» Directions
List all the lines in these records that hold "CallKeeps".

» Data for analysis

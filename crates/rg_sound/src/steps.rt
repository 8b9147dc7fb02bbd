//! The laws of single steps, one for each kind of statement and for each kind of end: from a state
//! that fits, where the step goes well, it leaves one that fits and writes only where it may
//! (docs/language.md, "What always holds").

ghost use Rattle.rg_sound.specs.Laws.{DeclareKeeps, AssignKeeps, AssignElementKeeps};
ghost use Rattle.rg_sound.specs.Laws.{CallKeeps, SwapKeeps};
ghost use Rattle.rg_sound.specs.Laws.{BranchKeeps, WhileKeeps, EnterKeeps};
ghost use Rattle.rg_sound.specs.Laws.{PrintKeeps, CollectKeeps, ReturnKeeps};
ghost use Rattle.rg_sound.specs.Laws.{EndKeeps, LeaveKeeps, LeaveGivingKeeps, BackKeeps};

/// `let x: T = r;`
pub fn declare_keeps_fit()
    ensures { DeclareKeeps }
{}

/// `x = r;` and `q.f = r;`
pub fn assign_keeps_fit()
    ensures { AssignKeeps }
{}

/// `q[e] = r;`
pub fn assign_element_keeps_fit()
    ensures { AssignElementKeeps }
{}

/// `call q.m(a, b);`
pub fn call_keeps_fit()
    ensures { CallKeeps }
{}

/// `swap y, q.f;`
pub fn swap_keeps_fit()
    ensures { SwapKeeps }
{}

/// `if e { .. } else { .. }`
pub fn branch_keeps_fit()
    ensures { BranchKeeps }
{}

/// `while e { .. }`
pub fn while_keeps_fit()
    ensures { WhileKeeps }
{}

/// `enter q as z { .. }` and `enter q as z { .. } giving w;`
pub fn enter_keeps_fit()
    ensures { EnterKeeps }
{}

/// `print e;`
pub fn print_keeps_fit()
    ensures { PrintKeeps }
{}

/// `collect;`
pub fn collect_keeps_fit()
    ensures { CollectKeeps }
{}

/// `return e;`
pub fn return_keeps_fit()
    ensures { ReturnKeeps }
{}

/// The end of a block.
pub fn end_keeps_fit()
    ensures { EndKeeps }
{}

/// The end of the block of an `enter`.
pub fn leave_keeps_fit()
    ensures { LeaveKeeps }
{}

/// The end of the block of an `enter` with `giving w`.
pub fn leave_giving_keeps_fit()
    ensures { LeaveGivingKeeps }
{}

/// The end of a method without a result.
pub fn back_keeps_fit()
    ensures { BackKeeps }
{}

» Solution for this task
ghost use Rattle.rg_sound.specs.Laws.{CallKeeps, SwapKeeps};
    ensures { CallKeeps }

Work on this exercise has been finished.